14 Forsdyke, 2005, p. 143-145.

15 Forsdyke, 2005, passim. See also Carcopino, 1935, p. 28 for an argument that ostracism was a “humane” mechanism and that by introducing ostracism, Cleisthenes intended to regulate violent political competition. In a similar vein, de Ste Croix, 2005, p. 206 has considered that ostracism was intended to be used whenever there was a “deep division within the State on a matter of great importance” and thus to prevent stasis. Likewise, Missiou, 2011, p. 36, 95 has stated that ostracism reflected public good and functioned as a solution to factional struggles which threatened the stability of the polis. Cf. Forsdyke, 2005, p. 170, who stresses, however, that ostracism was, in her view, not intended to solve political issues but to intervene in the struggle between two leaders.

16 Hall, 1989, p. 94, 95.

17 Approximately 10,500 ostraka have been unearthed in the excavations at the Agora and Ceramicus in Athens. The first ostrakon was identified in 1853, and the excavations at Ceramicus and Agora had revealed 1,658 ostraka before 1966, when the “great discovery” at Ceramicus revealed 8,500 ostraka. The majority of the surviving ostraka contain only the name of the target, inscribed or painted on it. The ostraka bearing anything but the name of the target (such as a comment or a picture) form only a small minority of the preserved ostraka. For “portraits” on ostraka, see Brenne, 1992, passim.

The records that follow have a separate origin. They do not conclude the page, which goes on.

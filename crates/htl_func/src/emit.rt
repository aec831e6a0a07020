// The postfix form of expressions.
ghost use Rattle.std.specs.Prelude.{◌≡◌, ◌++◌, OnOk};
ghost use Rattle.htl_model.specs.Functions.{term_of, postfix, of_unary, of_binary};

use htl_base::{BinOp, UnOp};
use htl_model::{Expr, FInstr};
use std::alloc::AllocError;

/// Puts the postfix form of an expression behind the instructions: operands from left to right, then the operation.
pub fn emit(e: &Expr, instrs: &mut Vec<FInstr>) -> Result<(), AllocError>
    ensures { OnOk result (instrs.new.items ≡ instrs.old.items ++ postfix (term_of e.now)) }
{
    match e {
        Expr::Int { x, .. } => instrs.push(FInstr::Int { x: *x })?,
        Expr::Bool { x, .. } => instrs.push(FInstr::Bool { x: *x as u8 })?,
        Expr::Arg { k, .. } => instrs.push(FInstr::Arg { k: *k })?,
        Expr::Unary { op, e, .. } => {
            emit(e, instrs)?;
            instrs.push(of_unary(*op))?;
        }
        Expr::Binary { op, l, r, .. } => {
            emit(l, instrs)?;
            emit(r, instrs)?;
            instrs.push(of_binary(*op))?;
        }
        Expr::Choose { c, a, b, .. } => {
            emit(c, instrs)?;
            emit(a, instrs)?;
            emit(b, instrs)?;
            instrs.push(FInstr::Choose)?;
        }
    }
    Ok(())
}

// The instruction of a unary operator.
fn of_unary(op: UnOp) -> FInstr
    ensures { result ≡ of_unary op }
{
    match op {
        UnOp::Neg => FInstr::Neg,
        UnOp::Not => FInstr::Not,
    }
}

// The instruction of a binary operator.
fn of_binary(op: BinOp) -> FInstr
    ensures { result ≡ of_binary op }
{
    match op {
        BinOp::Add => FInstr::Add,
        BinOp::Sub => FInstr::Sub,
        BinOp::Mul => FInstr::Mul,
        BinOp::Div => FInstr::Div,
        BinOp::Rem => FInstr::Rem,
        BinOp::Lt => FInstr::Lt,
        BinOp::Le => FInstr::Le,
        BinOp::Gt => FInstr::Gt,
        BinOp::Ge => FInstr::Ge,
        BinOp::Eq => FInstr::Eq,
        BinOp::Ne => FInstr::Ne,
        BinOp::And => FInstr::And,
        BinOp::Or => FInstr::Or,
    }
}
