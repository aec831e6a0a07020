// The law of compiled functions.
ghost use Rattle.htl_func.specs.Compiled.{CodeMeansExpression};

/// A law for callers, with nothing to run: the function of code that is the postfix form of an expression is
/// the function of the expression.
pub fn code_means_expression()
    ensures { CodeMeansExpression }
{}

18 I agree with Raaflaub, 2003, p. 321, 322 that the ostraka testify that a certain person has been voted for but not that he has been ostracized. Raaflaub further observes that since the Athenians were entitled to cast their votes for whomever they wished, there must have been an enormous number of stray votes against a considerable number of persons. Indeed, a large number of scattered votes has been revealed by the excavations at the Agora and Ceramicus: various ostraka exist which bear the name of an individual unmentioned by the ancient Greek sources, and who are thus unidentifiable. For the names on the ostraka and their numbers and distribution: Lang, 1990; Willemsen-Brenne, 1991; Brenne, 2002, p. 43-73; Thomsen, 1972, p. 71-80. Sickinger, 2017 includes a catalogue of ostraka excavated from the Agora in the late 1990s. The only familiar names inscribed on these ostraka are those of Themistocles, Aristides and Xanthippus; other names belong to unknown persons.

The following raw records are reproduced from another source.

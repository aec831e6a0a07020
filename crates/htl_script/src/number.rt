// The numbers in the lines of a script.
ghost use Rattle.std.specs.Prelude.{◌≡◌, ◌-◌, ◌^◌, ◌&&◌, ◌||◌, ◌==◌, ℕ, Bool, Some, None, true, not, min, length, nat_lt, slice_index, if◌then◌else◌};
ghost use Rattle.std.specs.Option.{option_map};
ghost use Rattle.std.specs.List.{fold, list_all};
ghost use Rattle.std.specs.Char.{is_ascii_digit};
ghost use Rattle.htl_script.specs.Reading.{with_digit_capped};
ghost use Rattle.htl_script.specs.Numbers.{number_of, signed_of, with_digit as with_digit_of};

// Ten times a smaller number, and a digit more, are far from the end of 64 bits.
const SMALL: u64 = 1_000_000_000;

// The number that a field spells, or 18,446,744,073,709,551,615 where it is larger.
pub fn number(field: &[u8]) -> Option<u64>
    ensures { result ≡ option_map (λ (n : ℕ). min n (2 ^ 64 - 1)) (number_of field.now) }
{
    if has_numeral_front(field) {
        value(field)
    } else {
        None
    }
}

// Whether a `-` stands before a number, and the number as above.
pub fn signed(field: &[u8]) -> Option<(bool, u64)>
    ensures { result ≡ option_map (λ (x : Bool × ℕ). (x.0, min x.1 (2 ^ 64 - 1))) (signed_of field.now) }
{
    match field.split_first() {
        None => None,
        Some((first, rest)) => {
            if *first != b'-' {
                return number(field).map(|n| (false, n));
            }
            match number(rest) {
                Some(0) => None,
                Some(n) => Some((true, n)),
                None => None,
            }
        }
    }
}

// A byte at least, and no zero before others.
fn has_numeral_front(field: &[u8]) -> bool
    ensures { result ≡ (nat_lt 0 (length field.now) && (not (slice_index field.now 0 == 48) || (length field.now == 1))) }
{
    if field.is_empty() {
        return false;
    }
    field[0] != b'0' || field.len() == 1
}

// The value of digits, or 18,446,744,073,709,551,615 where it is larger; None where another byte is among them.
fn value(field: &[u8]) -> Option<u64>
    ensures { result ≡ (if list_all is_ascii_digit field.now then Some (min (fold with_digit_of 0 field.now) (2 ^ 64 - 1)) else None) }
{
    let mut n = 0;
    for b in field {
        if !b.is_ascii_digit() {
            return None;
        }
        n = with_digit(n, *b);
    }
    Some(n)
}

// A number with one digit more. Most are far from the end of 64 bits.
fn with_digit(n: u64, digit: u8) -> u64
    requires { is_ascii_digit digit ≡ true }
    ensures { result ≡ with_digit_capped n digit }
{
    let last = u64::from(digit - b'0');
    if n < SMALL {
        n * 10 + last
    } else {
        n.saturating_mul(10).saturating_add(last)
    }
}
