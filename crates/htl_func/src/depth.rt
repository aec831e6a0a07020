// How many values an expression holds.
ghost use Rattle.std.specs.Prelude.{◌≡◌, ◌≤◌};
ghost use Rattle.htl_base.specs.declared.limits.TheConstants as limit;
ghost use Rattle.htl_model.specs.Functions.{term_of, held as held_by};
ghost use Rattle.htl_model.specs.Small.{nodes};

use htl_model::Expr;

/// How many values are held at once while an expression is evaluated, operands from left to right.
pub fn held(e: &Expr) -> u32
    requires { nodes (term_of e.now) ≤ limit.MAX_INSTRUCTIONS }
    ensures count { result ≡ held_by (term_of e.now) }
    ensures some { 1 ≤ result }
    ensures few { result ≤ nodes (term_of e.now) }
{
    match e {
        Expr::Int { .. } | Expr::Bool { .. } | Expr::Arg { .. } => 1,
        Expr::Unary { e, .. } => held(e),
        Expr::Binary { l, r, .. } => {
            let left = held(l);
            let right = held(r);
            left.max(1 + right)
        }
        Expr::Choose { c, a, b, .. } => {
            let condition = held(c);
            let first = held(a);
            let second = held(b);
            condition.max(1 + first).max(2 + second)
        }
    }
}
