//! The function compiler: expressions into function code.
#![tactic(auto)]

mod compiler;
mod depth;
mod emit;
mod law;
mod types;

pub use compiler::{FnFault, compile_fn};
pub use law::code_means_expression;
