// The lines of a source, one by one.
ghost use Rattle.std.specs.Prelude.{◌≡◌, ◌≤◌, ◌+◌, [], ◌∷◌, drop, length, Err, false, ◌<◌, ℕ, List, Option};
ghost use Rattle.htl_base.specs.declared.limits.TheConstants as limit;
ghost use Rattle.htl_edge.specs.Causes.{Rose};
ghost use Rattle.htl_script.specs.declared.fault.ScriptStop.TheVariants as stop;
ghost use Rattle.htl_script.specs.Lines.{is_line_feed};
ghost use Rattle.htl_script.specs.LineReading.{first_place, nothing_read, IsAtLine, IsLinePlace, AnswersLine, ReadsOn, behind_line};

use crate::chunk::Chunk;
use crate::lines::Lines;
use crate::{ScriptFault, ScriptKind, ScriptStop};
use htl_edge::Source;
use std::marker::Model;

/// Reads the lines of a script or of a like text, over a buffer of 256 bytes: each of at most 255 bytes, and 1,073,741,824 bytes in all,
/// line feeds counted. It takes no memory. Contracts see where it is and what it has read ahead.
pub struct LineStream {
    lines: Lines,
    chunk: Chunk,
}

impl Drop for LineStream {
    fn drop(self) {
        let Self { lines: _, chunk: _ } = self;
    }
}

impl Model for LineStream {
    ghost use Rattle.htl_script.specs.LineReading.{LinesAhead};

    ghost Value = { LinesAhead };

    ghost view = { λ s. record { place = s.lines; ahead = s.chunk } };
}

impl LineStream {
    /// A reader at the beginning of a text.
    pub fn new() -> LineStream
        ensures { result ≡ record { place = first_place; ahead = nothing_read } }
    {
        LineStream {
            lines: Lines::new(),
            chunk: Chunk::new(),
        }
    }

    /// Reads to the end of the line; false where the input has ended and no line is left. `Script` comes exactly where the line breaks a
    /// rule on its size: `Size` where byte 1,073,741,825 of the text is one of its first 256 bytes, its line feed counted, and else
    /// `Long` where it has a 256th byte. `Read` comes only where the source counted a fault. Behind a line `pass` comes before the next
    /// call.
    #[inline(always)]
    pub fn next<R: Source>(&mut self, src: &mut R) -> Result<bool, ScriptStop>
        ensures answer { AnswersLine self.new result }
        ensures reads { ReadsOn self.old self.new (R.rest src.old) (R.rest src.new) }
        ensures place { IsLinePlace self.new.place }
        ensures few { length self.new.ahead.bytes ≤ 256 }
        ensures later { R.faults src.old ≤ R.faults src.new }
        ensures kept { (result ≡ Err stop.Read → ⊥) → R.faults src.new ≡ R.faults src.old }
        ensures read { result ≡ Err stop.Read → Rose (R.faults src.old) (R.faults src.new) }
    {
        'pieces: loop {
            self.lines.keeps_place();
            let b = match self.chunk.first(src) {
                Ok(Some(b)) => b,
                Ok(None) => return Ok(!self.lines.text().is_empty()),
                Err(_) => return Err(ScriptStop::Read),
            };
            match self.lines.ends_before(b) {
                Ok(true) => return Ok(true),
                Ok(false) => {
                    let room = self.lines.room();
                    self.run_on(room);
                }
                Err(kind) => return Err(self.fault(kind)),
            }
        }
    }

    // Moves the bytes that were read ahead, up to a line feed, to the line, so many at most.
    fn run_on(&mut self, most: usize)
        requires plain { (b : ℕ) × (self.old.ahead.bytes ≡ b ∷ drop 1 self.old.ahead.bytes) × (is_line_feed b ≡ false) }
        requires some { 1 ≤ most }
        requires line { length self.old.place.line + most ≤ limit.MAX_LINE }
        requires script { self.old.place.start + length self.old.place.line + most ≤ limit.MAX_SCRIPT }
        ensures moved { (rest : Option (List ℕ)) → ReadsOn self.old self.new rest rest }
        ensures more { length self.old.place.line < length self.new.place.line }
    {
        let count = self.chunk.plain(most);
        self.lines.push_all(self.chunk.front(count));
        self.chunk.skip(count);
    }

    /// What was read of the line: all of it, without its line feed, where `next` gave it.
    pub fn text(&self) -> &[u8]
        ensures { result.now ≡ self.now.place.line }
    {
        self.lines.text()
    }

    /// Goes behind the line that was read.
    pub fn pass(&mut self)
        requires { IsAtLine self.old }
        ensures { self.new ≡ behind_line self.old }
    {
        let feed = self.chunk.has_some();
        self.lines.pass(feed as u64);
        self.chunk.skip(feed as usize);
    }

    /// A fault of the line that is being read.
    pub fn fault(&self, kind: ScriptKind) -> ScriptStop
        ensures { result ≡ stop.Script (record { line = self.now.place.number; kind = kind }) }
    {
        ScriptStop::Script(ScriptFault {
            line: self.lines.number(),
            kind,
        })
    }
}
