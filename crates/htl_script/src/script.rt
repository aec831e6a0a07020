// A script, event by event.
ghost use Rattle.std.specs.Prelude.{◌≡◌, ◌≤◌, ◌<◌, ◌+◌, IfOk, IfSome, true, false, Err};
ghost use Rattle.htl_base.specs.declared.limits.TheConstants as limit;
ghost use Rattle.htl_edge.specs.Causes.{Rose};
ghost use Rattle.htl_script.specs.declared.fault.ScriptFault.{ScriptFault as Fault};
ghost use Rattle.htl_script.specs.declared.fault.ScriptStop.TheVariants as stop;
ghost use Rattle.htl_script.specs.Orders.{IsIndex};
ghost use Rattle.htl_script.specs.Streaming.{Gives, IsAnswer, Goes, LosesPiece, at_start};

use crate::ScriptStop;
use crate::index::Index;
use crate::lookup::Names;
use crate::stream::Stream;
use htl_edge::Source;
use htl_model::{Event, Tables};

/// Reads a script event by event, over a buffer of 256 bytes, and finds names by halves in an index of its own. It takes no
/// memory.
pub struct Script {
    stream: Stream,
    // that of the tables, once it is ready
    index: Index,
    ready: bool,
}

impl Drop for Script {
    fn drop(self) {
        let Self {
            stream: _,
            index: _,
            ready: _,
        } = self;
    }
}

impl Script {
    /// A reader at the beginning of a script.
    pub fn new() -> Script
        ensures stream { result.stream ≡ at_start }
        ensures ready { result.ready ≡ false }
    {
        Script {
            stream: Stream::new(),
            index: Index::empty(),
            ready: false,
        }
    }

    /// The next event; None exactly where the input has ended after an `end` line. `Script` comes exactly at the script's first
    /// fault, `Read` only where the source counted a fault. Each call is handed the tables of the first, and its source with what
    /// the call before left. After a stop or None it isn't used again. At most 1,073,741,825 events are given, and all
    /// calls together take at most 1,073,742,080 bytes: those of the longest script, and one piece of 256. By each answer no more was
    /// taken than the lines up to the one where the reader then is, which a fault names, and one piece.
    ///
    /// The first call puts the names of the tables in order; then a line costs its own bytes.
    #[inline(always)]
    pub fn next<R: Source>(&mut self, src: &mut R, t: &Tables) -> Result<Option<Event>, ScriptStop>
        requires same { self.old.ready ≡ true → IsIndex t.now self.old.index }
        ensures ready { self.new.ready ≡ true }
        ensures index { IsIndex t.now self.new.index }
        ensures answer { Gives self.old.stream.ahead.over self.new.stream.ahead.over (R.rest src.old) (R.rest src.new) (IsAnswer t.now self.old.stream self.new.stream result) }
        ensures taken { LosesPiece self.old.stream self.new.stream (R.rest src.old) (R.rest src.new) result }
        ensures event { Goes t.now self.old.stream.here.past self.new.stream.here.past result }
        ensures lines { IfOk result (λ o. IfSome o (λ e. self.old.stream.here.number < self.new.stream.here.number)) }
        ensures few { IfOk result (λ o. self.new.stream.here.number ≤ limit.MAX_SCRIPT + 1) }
        ensures line { (fault : Fault) → result ≡ Err (stop.Script fault) → fault.line ≡ self.new.stream.here.number }
        ensures later { R.faults src.old ≤ R.faults src.new }
        ensures kept { (result ≡ Err stop.Read → ⊥) → R.faults src.new ≡ R.faults src.old }
        ensures read { result ≡ Err stop.Read → Rose (R.faults src.old) (R.faults src.new) }
    {
        self.prepare(t);
        self.stream.next(src, &Names::new(t, &self.index))
    }

    // Puts the names in order, if that isn't done.
    fn prepare(&mut self, t: &Tables)
        requires { self.old.ready ≡ true → IsIndex t.now self.old.index }
        ensures ready { self.new.ready ≡ true }
        ensures index { IsIndex t.now self.new.index }
        ensures stream { self.new.stream ≡ self.old.stream }
    {
        if !self.ready {
            self.index.fill(t);
            self.ready = true;
        }
    }
}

19 And perhaps as manifestations of the prevailing “political culture”, to use Benjamin Gray’s term: see Gray, 2015, esp. p. 6-19. The notion of political culture refers to the political assumptions and ideas underlying political actions and interacting with them. Political actions, in turn, reinforce these ideas and assumptions.

20 For a different view, see Garland, 2014, p. 138-140, who separates ostracism from other forms of exile.

21 Arist. Pol. 1.2.1253a1-7; Hom. Il. 9.63-64. The same quotation is repeated in Ar. Pax 1096-1098. For a discussion, see Loddo, forthcoming.

22 […] ὁ ἄπολις διὰ φύσιν καὶ οὐ διὰ τύχην ἤτοι φαῦλός ἐστιν, ἢ κρείττων ἢ ἄνθρωπος: Arist. Pol. 1253a2-7. The brutish beast and the hero/god are opposed by Aristotle also in his Nicomachean Ethics 1145a15. See also Vernant-Vidal-Naquet, 1990, p. 135, 437 n. 122.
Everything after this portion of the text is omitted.